Records for this exercise
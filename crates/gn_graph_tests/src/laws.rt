use gn_found::laws::{
    found_graphs_are_filled_in, found_graphs_exist, found_graphs_lead_back, found_paths_differ,
    repeats_have_bodies,
};
use gn_lower::laws::lowered_graphs_stand;
use gn_stands::TreeMeanings;
use gn_zone::laws::{each_output_is_opened, found_zones_are_filled_in, opened_zones_are_found};
use std::test::Fail;

// Nodes that give nothing, over values that are all alike: the laws are called at one type.
struct NoValues;

impl TreeMeanings for NoValues {
    ghost use Rattle.std.specs.Prelude.{[], None, true};
    ghost use Rattle.gn_node_set.specs.Meanings.{Plain, no_case};

    ghost Values = { Unit {0} };

    ghost Sorts = { Unit {0} };

    ghost Sources = { ⊥ };

    ghost meanings = { record {
      rows = record {
        role = λ kind. Plain;
        file = λ kind. [];
        choice = λ kind v. no_case;
        row = λ p kind inputs answer. record { outputs = []; warnings = [] };
        turns = λ kind v. 0;
        convert = λ v kind. v;
      };
      opens = λ p kind v. record { nodes = []; outputs = [] };
      sort = λ v. tt;
      shift = λ s kind. None;
      fits = λ kind sorts. true;
      gives = λ kind. [];
      height = λ kind. 0;
      tag = λ v p. None;
      nothing = tt;
    } };
}

#[test]
fn the_laws_can_be_called_at_meanings(_rt: HostRuntime) -> Result<(), Fail> {
    found_graphs_lead_back::<NoValues>();
    found_paths_differ::<NoValues>();
    found_graphs_are_filled_in::<NoValues>();
    found_graphs_exist();
    repeats_have_bodies();
    lowered_graphs_stand::<NoValues>();
    found_zones_are_filled_in::<NoValues>();
    opened_zones_are_found::<NoValues>();
    each_output_is_opened();
    Ok(())
}
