// Several fields as one list of instructions.
ghost use Rattle.std.specs.Prelude.{◌≡◌, ◌≤◌, length, map, IfOk, IfErr, OnOk};
ghost use Rattle.gn_plain.specs.Subtrees.{count_different};
ghost use Rattle.gn_field.specs.Together.{AgreeOnSources};
ghost use Rattle.gn_field.specs.Steps.{named, built};
ghost use Rattle.gn_proc.specs.Tapes.{AreSteps};
ghost use Rattle.gn_proc.specs.Faults.{IsTapeFault};

use crate::ready::{Ready, prepare};
use gn_field::{Context, Field, FieldStep, Gathered, Source};
use gn_memory::Memory;
use gn_schedule::{Plan, plan_of};
use std::alloc::Global;
use std::marker::Model;
use thiserror::Error;

/// Why fields have no tape.
#[derive(Clone, Copy, Debug, PartialEq, Eq, Error)]
pub enum TapeFault {
    /// Together they have more than 4,096 different subtrees.
    #[error("the fields have {distinct} different subtrees")]
    TooMany {
        /// How many.
        distinct: u32,
    },
    /// There was no memory for it.
    #[error("out of memory")]
    Memory,
}

impl From<Memory> for TapeFault {
    ghost use Rattle.std.specs.Prelude.{◌≡◌};
    ghost use Rattle.gn_proc.specs.declared.tape.TapeFault.TheVariants.{Memory};

    ghost from_gives = { λ _ fault. fault ≡ Memory };

    fn from(_: Memory) -> Self {
        TapeFault::Memory
    }
}

/// Several fields as one list of instructions. Contracts see it as the list of the fields.
#[derive(Drop)]
pub struct Tape<S: Source> {
    steps: Vec<FieldStep<S>>,
    roots: Vec<u32>,
    plan: Plan,
}

impl<S: Source> Model for Tape<S> {
    ghost use Rattle.std.specs.Prelude.{List, map};
    ghost use Rattle.std.specs.Coded.{coded_list};
    ghost use Rattle.gn_plain.specs.Fields.{Expr};
    ghost use Rattle.gn_field.specs.Codes.{expr_code};
    ghost use Rattle.gn_field.specs.Steps.{named, built};
    ghost use Rattle.gn_proc.specs.Tapes.{IsTape};

    ghost Value = { List (Expr S) };

    ghost coded = { coded_list (expr_code S.code) };

    ghost view = { λ t. map (named (built t.steps.items)) t.roots.items };

    ghost invariant = { λ t. IsTape S.sources S.taken t.steps.items t.roots.items t.plan };
}

/// The tape of steps that are few enough.
#[tactic(auto, using(crate::proofs::Tapes::is_tape))]
fn tape_of<S: Source>(
    alloc: Global,
    steps: Vec<FieldStep<S>>,
    roots: Vec<u32>,
) -> Result<Tape<S>, Memory>
    requires steps { AreSteps S.sources S.taken steps.items roots.items }
    ensures { IfOk result (λ tape. tape ≡ map (named (built steps.items)) roots.items) }
{
    let plan = plan_of(alloc, &steps, &roots)?;
    Ok(Tape { steps, roots, plan })
}

/// The tape of some fields, any two sampled parts of which have one source if the path of their nodes
/// is one.
///
/// `TooMany` comes exactly where the fields together have more than 4,096 different subtrees.
pub fn build<S: Source>(alloc: Global, fields: &[Field<S>]) -> Result<Tape<S>, TapeFault>
    requires few_fields { length fields.now ≤ 65536 }
    requires one_source { AgreeOnSources fields.now }
    ensures tape { IfOk result (λ tape. tape ≡ fields.now) }
    ensures few { OnOk result (count_different fields.now ≤ 4096) }
    ensures fault { IfErr result (IsTapeFault (count_different fields.now)) }
{
    let Gathered { steps, roots } = Field::merged(alloc, fields)?;
    if steps.len() > 4096 {
        let distinct = steps.len() as u32;
        return Err(TapeFault::TooMany { distinct });
    }
    let tape = tape_of(alloc, steps, roots)?;
    Ok(tape)
}

impl<S: Source> Tape<S> {
    /// How many instructions the tape has: one for each different subtree of its fields.
    pub fn len(&self) -> u32
        ensures { result ≡ count_different self.now }
    {
        self.steps.len() as u32
    }

    /// The tape with what it needs to be run in a context: the values of its steps that read elsewhere,
    /// made once over their whole places.
    pub fn ready<'a, C: Context + Drop>(
        &'a self,
        alloc: Global,
        context: &'a C,
    ) -> Result<Ready<'a, S, C>, Memory>
        ensures { IfOk result (λ ready. ready ≡ (self.now, context.now)) }
    {
        prepare(alloc, &self.steps, &self.roots, &self.plan, context)
    }
}
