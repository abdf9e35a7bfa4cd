//! Tapes: several fields as one list of instructions.
//!
//! `build` merges fields into a `Tape`, which contracts see as the list of these fields. It promises
//! that a tape has exactly as many instructions as its fields have different subtrees, and that
//! `TooMany` comes exactly where these are more than 4,096, with their number.
//!
//! `Tape::ready` makes a tape ready to be run in a context, with the values of what its fields read
//! elsewhere, each made once. `Ready::run` promises a register for each field, which has the field's value
//! at each of the elements (`AllGive`). `at` gives the value of one field at one element.
//!
//! A tape keeps a plan, which says in which order its steps are run and in which slot each leaves its
//! values. The crate stands on `gn_field` for the steps, on `gn_schedule` for plans, on `gn_slots`,
//! which runs them, on `gn_wholes` for what fields read elsewhere, and on `gn_plain`, whose expressions
//! say what fields are.
#![tactic(auto)]

mod element;
mod ready;
mod tape;

pub use element::at;
pub use ready::Ready;
pub use tape::{Tape, TapeFault, build};
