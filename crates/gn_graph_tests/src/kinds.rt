use gn_memory::Memory;
use gn_node_kind::{copy_groups, kind_of};
use gn_tree::{Group, Kind, Node, Setting, Socket, SocketKind, Zone};
use gn_value::op::{CompareKind, CompareOp, MathOp};
use gn_value::{Place, ValueKind};
use std::alloc::Global;
use std::sync::Arc;
use std::test::Fail;

fn text(alloc: Global, text: &str) -> Result<String, Memory> {
    let mut copy = String::new(alloc);
    copy.push_str(text)?;
    Ok(copy)
}

fn node(alloc: Global, kind: &str, settings: Vec<Setting>) -> Result<Node, Memory> {
    let id = text(alloc, "n")?;
    let kind = text(alloc, kind)?;
    Ok(Node {
        id,
        kind,
        settings,
        inputs: Vec::new(alloc),
    })
}

/// A group of that name without nodes.
fn groups(alloc: Global, name: &str) -> Result<Vec<Group>, Memory> {
    let mut groups = Vec::new(alloc);
    groups.push(Group {
        name: text(alloc, name)?,
        inputs: Vec::new(alloc),
        outputs: Vec::new(alloc),
        nodes: Vec::new(alloc),
        output: Vec::new(alloc),
    })?;
    Ok(groups)
}

fn made(alloc: Global, kind: &str, settings: Vec<Setting>) -> Result<Option<Kind>, Memory> {
    let groups = Arc::new(alloc, copy_groups(alloc, &groups(alloc, "g")?)?)?;
    kind_of(alloc, &node(alloc, kind, settings)?, &groups)
}

#[test]
fn a_kind_has_the_values_of_its_settings(rt: HostRuntime) -> Result<(), Fail> {
    let alloc = rt.alloc();
    let found = made(alloc, "domain_size", Vec::new(alloc))?;
    assert!(rt; matches!(found, Some(Kind::DomainSize)));
    let mut settings = Vec::new(alloc);
    settings.push(Setting::Op {
        name: text(alloc, "divide")?,
    })?;
    let found = made(alloc, "math", settings)?;
    assert!(rt; matches!(found, Some(Kind::Math { op: MathOp::Divide })));
    let mut settings = Vec::new(alloc);
    settings.push(Setting::Of {
        kind: SocketKind::Int,
    })?;
    settings.push(Setting::Op {
        name: text(alloc, "not_equal")?,
    })?;
    let found = made(alloc, "compare", settings)?;
    assert!(rt;
        matches!(
            found,
            Some(Kind::Compare {
                of: CompareKind::Int,
                op: CompareOp::NotEqual
            })
        )
    );
    let mut settings = Vec::new(alloc);
    settings.push(Setting::Name {
        text: text(alloc, "w")?,
    })?;
    settings.push(Setting::Of {
        kind: SocketKind::Vector,
    })?;
    settings.push(Setting::Place {
        place: Place::Corner,
    })?;
    let found = made(alloc, "store_named_attribute", settings)?;
    let Some(Kind::StoreNamedAttribute { name, of, place }) = found else {
        return Err(Fail::new("no column is stored"));
    };
    assert!(rt; name.as_str() == "w");
    assert!(rt; of == ValueKind::Vector);
    assert!(rt; place == Place::Corner);
    Ok(())
}

#[test]
fn a_zone_keeps_its_body_and_the_groups(rt: HostRuntime) -> Result<(), Fail> {
    let alloc = rt.alloc();
    let mut items = Vec::new(alloc);
    items.push(Socket {
        name: text(alloc, "shape")?,
        kind: SocketKind::Geometry,
    })?;
    let mut nodes = Vec::new(alloc);
    nodes.push(node(alloc, "cube", Vec::new(alloc))?)?;
    let mut settings = Vec::new(alloc);
    settings.push(Setting::Zone {
        zone: Zone {
            items,
            nodes,
            output: Vec::new(alloc),
        },
    })?;
    let Some(
        Kind::Repeat {
            items,
            nodes,
            groups,
            ..
        },
    ) = made(alloc, "repeat", settings)?
    else {
        return Err(Fail::new("no repeat"));
    };
    assert!(rt; items.len() == 1 && nodes.len() == 1 && groups.len() == 1);
    let found = made(alloc, "group", Vec::new(alloc))?;
    assert!(rt; found.is_none());
    Ok(())
}
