use gn_lazy::{GraphNode, Link, Origin};
use gn_lower::{Constant, Lowered, lower};
use gn_read::read_tree;
use gn_tree::Kind;
use std::alloc::{AllocError, Global};
use std::process::Abort;
use std::test::Fail;

/// A tree, and the graph of it: its nodes with their paths and what they read, what it gives out, and
/// how many constants there are.
struct Case {
    tree: &'static str,
    graph: &'static str,
}

fn put_origin(text: &mut String, origin: Origin) -> Result<(), AllocError> {
    match origin {
        Origin::Input => text.push_str("in"),
        Origin::Constant { slot } => write!(text, "c{slot}"),
        Origin::Out { node, socket } => write!(text, "{node}.{socket}"),
    }
}

fn put_link(text: &mut String, link: &Link) -> Result<(), AllocError> {
    text.push_str(" ")?;
    put_origin(text, link.origin)?;
    for kind in &link.through {
        write!(text, ">{kind}")?;
    }
    Ok(())
}

fn put_node(text: &mut String, node: &GraphNode<Kind>) -> Result<(), AllocError> {
    for step in &node.path.steps {
        write!(text, "/{}", step.node)?;
    }
    write!(text, "({})", node.outputs)?;
    for link in &node.inputs {
        put_link(text, link)?;
    }
    text.push_str("; ")
}

/// The graph as a text.
fn written(alloc: Global, lowered: &Lowered) -> Result<String, AllocError> {
    let mut text = String::new(alloc);
    for number in 0..lowered.graph.len() {
        if let Some(node) = lowered.graph.node(number) {
            put_node(&mut text, node)?;
        }
    }
    text.push_str("out")?;
    for link in lowered.graph.roots() {
        put_link(&mut text, link)?;
    }
    write!(text, "; {}", lowered.constants.len())?;
    Ok(text)
}

fn expect(rt: &impl Abort, alloc: Global, case: &Case) -> Result<(), Fail> {
    match read_tree(alloc, case.tree.as_bytes()) {
        Ok(tree) => {
            let lowered = lower(alloc, &tree)?;
            let text = written(alloc, &lowered)?;
            assert_eq!(rt; text.as_str(), case.graph, "{}", case.tree);
        }
        Err(_) => assert!(rt; false, "{}", case.tree),
    }
    Ok(())
}

/// Each is worked out by hand: kinds have the numbers of truth, int, fixed, vector in turn, and a cube
/// reads its size, three numbers.
static CASES: [Case; 6] = [
    Case {
        tree: r#"{"format":1,"nodes":[]}"#,
        graph: "out c0; 1",
    },
    Case {
        tree: r#"{"format":1,"nodes":[],"output":{"from":"input","socket":"geometry"}}"#,
        graph: "out in; 0",
    },
    Case {
        tree: r#"{"format":1,"nodes":[{"id":"b","kind":"math","set":{"op":"add"},"in":{"a":{"from":"a","socket":"value"}}},{"id":"a","kind":"integer","set":{"value":1}}]}"#,
        graph: "/1(1); /0(1) 0.0>2 c0; out c1; 2",
    },
    Case {
        tree: r#"{"format":1,"nodes":[{"id":"up","kind":"set_position","in":{"geometry":{"from":"input","socket":"geometry"},"offset":["0","0","1"]}}],"output":{"from":"up","socket":"geometry"}}"#,
        graph: "/0(1) in c0 c1 c2; out 0.0; 3",
    },
    Case {
        tree: r#"{"format":1,"groups":[{"name":"in","inputs":[{"name":"shape","kind":"geometry"},{"name":"amount","kind":"fixed"}],"outputs":[{"name":"made","kind":"geometry"}],"nodes":[{"id":"s","kind":"set_position","in":{"geometry":{"from":"input","socket":"shape"},"offset":{"from":"input","socket":"amount"}}}],"output":{"made":{"from":"s","socket":"geometry"}}},{"name":"out","inputs":[{"name":"shape","kind":"geometry"},{"name":"amount","kind":"int"}],"outputs":[{"name":"spare","kind":"geometry"},{"name":"made","kind":"geometry"}],"nodes":[{"id":"n","kind":"group","set":{"group":"in"},"in":{"shape":{"from":"input","socket":"shape"},"amount":{"from":"input","socket":"amount"}}}],"output":{"made":{"from":"n","socket":"made"}}}],"nodes":[{"id":"h","kind":"group","set":{"group":"out"},"in":{"shape":{"from":"g","socket":"made"}}},{"id":"g","kind":"group","set":{"group":"out"},"in":{"shape":{"from":"input","socket":"geometry"},"amount":3}}],"output":{"from":"h","socket":"made"}}"#,
        graph: "/1/0/0(1) in c0 c1 c2>2>3; /0/0/0(1) 0.0 c3 c4 c5>2>3; out 1.0; 6",
    },
    Case {
        tree: r#"{"format":1,"nodes":[{"id":"r","kind":"repeat","set":{"items":[{"name":"x","kind":"fixed"},{"name":"g","kind":"geometry"}],"nodes":[],"output":{"x":{"from":"input","socket":"x"}}},"in":{"iterations":4,"g":{"from":"input","socket":"geometry"}}},{"id":"j","kind":"join_geometry","in":{"geometry":[{"from":"r","socket":"g"},{"from":"input","socket":"geometry"},{"from":"r","socket":"g"}]}}],"output":{"from":"j","socket":"geometry"}}"#,
        graph: "/0(2) c0 c1 in; /1(1) 0.1 in 0.1; out 1.0; 2",
    },
];

#[test]
fn a_tree_becomes_the_graph_that_is_worked_out(rt: HostRuntime) -> Result<(), Fail> {
    for case in &CASES {
        expect(&rt, rt.alloc(), case)?;
    }
    Ok(())
}

#[test]
fn constants_have_the_slots_of_their_links(rt: HostRuntime) -> Result<(), Fail> {
    let text =
        r#"{"format":1,"nodes":[{"id":"up","kind":"set_position"}],"output":{"from":"up","socket":"geometry"}}"#;
    let Ok(tree) = read_tree(rt.alloc(), text.as_bytes()) else {
        return Err(Fail::new("no tree"));
    };
    let lowered = lower(rt.alloc(), &tree)?;
    assert!(rt; matches!(lowered.constants.first(), Some(Constant::NoGeometry)));
    assert!(rt; matches!(lowered.constants.get(2), Some(Constant::Position)));
    Ok(())
}
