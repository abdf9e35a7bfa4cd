//! What the kinds of nodes give whose inputs and outputs are fields alone.
//!
//! The crate holds definitions and their laws: for each of these 26 kinds the fields at the outputs, as
//! expressions over the fields at the inputs, and which kinds of values both have. It promises that fields
//! of the kinds that a node takes make fields of the kinds that it gives, with arguments that each operation
//! and step takes. It stands on `gn_plain` for fields, on `gn_node_kind` for the kinds with their settings, and
//! on `gn_field` for what fields of the right kinds are.
#![tactic(auto)]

Assignment
In the records above, count the lines holding the word "NoValues"; give only that number.

Finished task
8